PROBLEM STATEMENT: Below are the records; copy each line in them that holds the word "self".

RECORD EXTRACTS:
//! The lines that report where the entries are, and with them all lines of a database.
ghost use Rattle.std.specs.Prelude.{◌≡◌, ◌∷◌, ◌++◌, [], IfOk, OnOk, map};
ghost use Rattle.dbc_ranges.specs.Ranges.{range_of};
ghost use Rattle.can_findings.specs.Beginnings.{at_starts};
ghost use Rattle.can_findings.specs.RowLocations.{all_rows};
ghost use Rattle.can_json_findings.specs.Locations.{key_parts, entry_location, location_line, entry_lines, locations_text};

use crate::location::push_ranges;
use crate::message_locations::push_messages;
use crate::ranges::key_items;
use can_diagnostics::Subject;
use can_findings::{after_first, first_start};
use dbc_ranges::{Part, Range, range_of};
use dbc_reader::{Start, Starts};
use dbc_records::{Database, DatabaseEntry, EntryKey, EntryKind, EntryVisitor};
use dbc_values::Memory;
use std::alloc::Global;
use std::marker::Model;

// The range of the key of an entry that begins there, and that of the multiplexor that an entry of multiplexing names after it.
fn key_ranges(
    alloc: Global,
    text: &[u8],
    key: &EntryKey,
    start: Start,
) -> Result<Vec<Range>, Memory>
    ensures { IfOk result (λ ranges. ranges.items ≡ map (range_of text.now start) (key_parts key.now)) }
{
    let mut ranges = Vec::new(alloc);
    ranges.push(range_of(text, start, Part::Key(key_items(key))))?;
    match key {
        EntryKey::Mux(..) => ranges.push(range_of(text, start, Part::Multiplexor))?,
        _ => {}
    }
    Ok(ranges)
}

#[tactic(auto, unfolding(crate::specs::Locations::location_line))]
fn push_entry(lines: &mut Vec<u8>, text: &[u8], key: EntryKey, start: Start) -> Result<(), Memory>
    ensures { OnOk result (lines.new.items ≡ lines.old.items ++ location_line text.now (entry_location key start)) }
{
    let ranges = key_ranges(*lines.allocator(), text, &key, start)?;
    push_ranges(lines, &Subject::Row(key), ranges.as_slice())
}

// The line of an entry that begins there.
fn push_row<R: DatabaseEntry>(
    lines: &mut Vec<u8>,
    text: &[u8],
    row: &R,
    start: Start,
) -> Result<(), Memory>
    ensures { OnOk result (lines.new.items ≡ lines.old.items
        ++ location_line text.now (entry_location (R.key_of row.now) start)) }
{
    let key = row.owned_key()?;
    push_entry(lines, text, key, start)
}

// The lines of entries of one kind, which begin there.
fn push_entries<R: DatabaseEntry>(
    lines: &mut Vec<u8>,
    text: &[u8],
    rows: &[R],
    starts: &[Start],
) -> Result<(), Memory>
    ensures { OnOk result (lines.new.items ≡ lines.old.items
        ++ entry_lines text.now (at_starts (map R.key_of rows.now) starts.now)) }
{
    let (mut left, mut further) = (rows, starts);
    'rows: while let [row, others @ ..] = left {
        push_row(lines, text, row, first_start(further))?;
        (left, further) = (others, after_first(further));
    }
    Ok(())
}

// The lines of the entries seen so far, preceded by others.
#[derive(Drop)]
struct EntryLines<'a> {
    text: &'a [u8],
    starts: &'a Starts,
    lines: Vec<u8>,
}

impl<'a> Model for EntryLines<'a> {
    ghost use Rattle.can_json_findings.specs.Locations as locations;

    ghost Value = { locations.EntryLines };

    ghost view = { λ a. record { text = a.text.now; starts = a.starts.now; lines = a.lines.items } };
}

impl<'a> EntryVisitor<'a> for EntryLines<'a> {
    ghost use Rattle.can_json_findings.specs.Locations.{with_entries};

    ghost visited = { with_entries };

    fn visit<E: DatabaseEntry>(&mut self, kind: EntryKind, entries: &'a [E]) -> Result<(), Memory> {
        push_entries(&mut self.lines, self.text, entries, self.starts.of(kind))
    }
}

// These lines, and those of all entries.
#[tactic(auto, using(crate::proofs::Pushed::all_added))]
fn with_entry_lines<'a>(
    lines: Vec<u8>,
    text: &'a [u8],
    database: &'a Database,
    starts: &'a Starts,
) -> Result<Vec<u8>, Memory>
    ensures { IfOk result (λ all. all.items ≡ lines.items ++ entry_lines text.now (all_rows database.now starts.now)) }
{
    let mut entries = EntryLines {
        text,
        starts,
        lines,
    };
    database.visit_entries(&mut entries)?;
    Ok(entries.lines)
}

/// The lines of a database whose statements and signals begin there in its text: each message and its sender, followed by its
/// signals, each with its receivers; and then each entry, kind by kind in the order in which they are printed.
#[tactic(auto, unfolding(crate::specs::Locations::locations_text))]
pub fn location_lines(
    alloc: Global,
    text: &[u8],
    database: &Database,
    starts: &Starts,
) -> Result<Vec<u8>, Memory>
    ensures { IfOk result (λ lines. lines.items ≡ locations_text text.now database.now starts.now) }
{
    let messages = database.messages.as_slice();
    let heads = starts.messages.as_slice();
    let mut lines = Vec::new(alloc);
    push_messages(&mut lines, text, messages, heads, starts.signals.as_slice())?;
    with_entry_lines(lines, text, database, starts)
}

EXPECTED OUTPUT:
    fn visit<E: DatabaseEntry>(&mut self, kind: EntryKind, entries: &'a [E]) -> Result<(), Memory> {
        push_entries(&mut self.lines, self.text, entries, self.starts.of(kind))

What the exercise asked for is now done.